3. It's Overly Risky

Investing is not without risk, but you are fully in control of how much risk you want to assume. If you're the skittish type, there are plenty of investments, such as bonds and dividend stocks, that will allow you to make money without much risk. And it's important to remember that while stocks can go down in value quickly, they have historically always rebounded. Since the Great Depression, there have been fewer than two dozen down years for stocks.

4. The System Is Rigged

You will often hear this from critics of our financial system. I won't suggest that our system is perfect, but to call something "rigged" is to suggest that the average person can't succeed. The truth is that for the average person, it's easy to buy stocks, bonds, and other investments in a straightforward and transparent way, and make money doing it.

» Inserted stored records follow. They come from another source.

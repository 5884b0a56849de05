use crate::notes::table::{AMPLE, TWO_PLANES, text_of, words_of};
use crate::notes::worked_tests::WORKED;
use micro_lint::{Header, least_header};
use micro_walk::examine;
use nand_geometry::{Geometry, Parts};
use std::alloc::Global;
use std::test::Fail;

// The least header of a program.
fn least_of(alloc: Global, parts: Parts, words: &str) -> Result<Option<Header>, Fail> {
    let geometry = Geometry::of(parts)?;
    let text = text_of(AMPLE, words_of(alloc, words)?)?;
    Ok(least_header(alloc, &text, &geometry)?)
}

// Whether the verifier takes the words with this header.
fn is_accepted(alloc: Global, header: Header, words: &str) -> Result<bool, Fail> {
    let geometry = Geometry::of(TWO_PLANES)?;
    let text = text_of(header, words_of(alloc, words)?)?;
    Ok(examine(&text, &geometry).is_ok())
}

// Whether the verifier refuses the words with a header that gives less.
fn needs_all(alloc: Global, least: Header, words: &str) -> Result<bool, Fail> {
    let fewer_rows = Header {
        rows: least.rows.saturating_sub(1),
        ..least
    };
    let less_buffer = Header {
        buffer: least.buffer.saturating_sub(1),
        ..least
    };
    let less_budget = Header {
        budget: least.budget.saturating_sub(1),
        ..least
    };
    Ok(
        (least.rows <= 1 || !is_accepted(alloc, fewer_rows, words)?)
            && (least.buffer == 0 || !is_accepted(alloc, less_buffer, words)?)
            && (least.budget == 0 || !is_accepted(alloc, less_budget, words)?),
    )
}

// Whether the least header of a program is enough, and none that gives less.
fn is_least(alloc: Global, words: &str) -> Result<bool, Fail> {
    match least_of(alloc, TWO_PLANES, words)? {
        Some(least) => Ok(is_accepted(alloc, least, words)? && needs_all(alloc, least, words)?),
        None => Ok(false),
    }
}

#[test]
fn no_less_is_enough(rt: HostRuntime) -> Result<(), Fail> {
    for words in WORKED {
        if !is_least(rt.alloc(), words)? {
            return Err(Fail::from(*words));
        }
    }
    Ok(())
}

5. Past Performance Indicates Future Returns

It's tempting to buy an investment because it has done well in the past. And it's generally true that if a stock has generated a solid return over a very long period of time, it's a good bet moving forward. But there's absolutely nothing to prevent an investment from tanking even after years of great returns. And it certainly doesn't make sense to invest in something based on the performance of the previous few months.

6. Investment Professionals Know a Lot More Than You

I don't want to disparage fund managers and analysts, but there is a growing body of evidence that no one, not even the most experienced professionals, can consistently beat the performance of the overall stock market. If you put money in an index fund that tracks the overall stock market, there's a good chance you'll do as well or better than the hotshots on Wall Street.

7. You Should Try to Get Stocks During an IPO

Initial public offerings get a lot of headlines, and it may seem desirable to get in at the ground floor. Examples abound, however, of companies that failed to come out of the gate strong. In fact, many companies have seen share prices dip well below IPO levels. (Facebook is the most recent prime example of this.) For most investors, it makes sense to wait after an IPO to see how things go. If you're investing for the long haul, waiting won't hurt you too much. In fact, you may even get a better bargain.

8. You Need to Have [Insert Investment Here] in Your Portfolio

You'll get a lot of advice from people telling you that you need a specific type of investment to optimize your returns. But there is rarely a single investment that should be considered a must-have. There are a million ways to build a collection of investments that will help you get rich; the best advice is to diversify and have a long investment horizon.

9. Gold Is Always Great

You may assume that gold is an amazing investment. I mean, it's gold right? And there has to be some reason there are advertisem*nts for gold on TV all the time. The truth is that gold can be a great investment, but only at certain times. It's worth having some in your portfolio to stay diversified, but gold has taken a beating recently. Shares of the SPDR Gold Trust are down nearly 15% in the last three years.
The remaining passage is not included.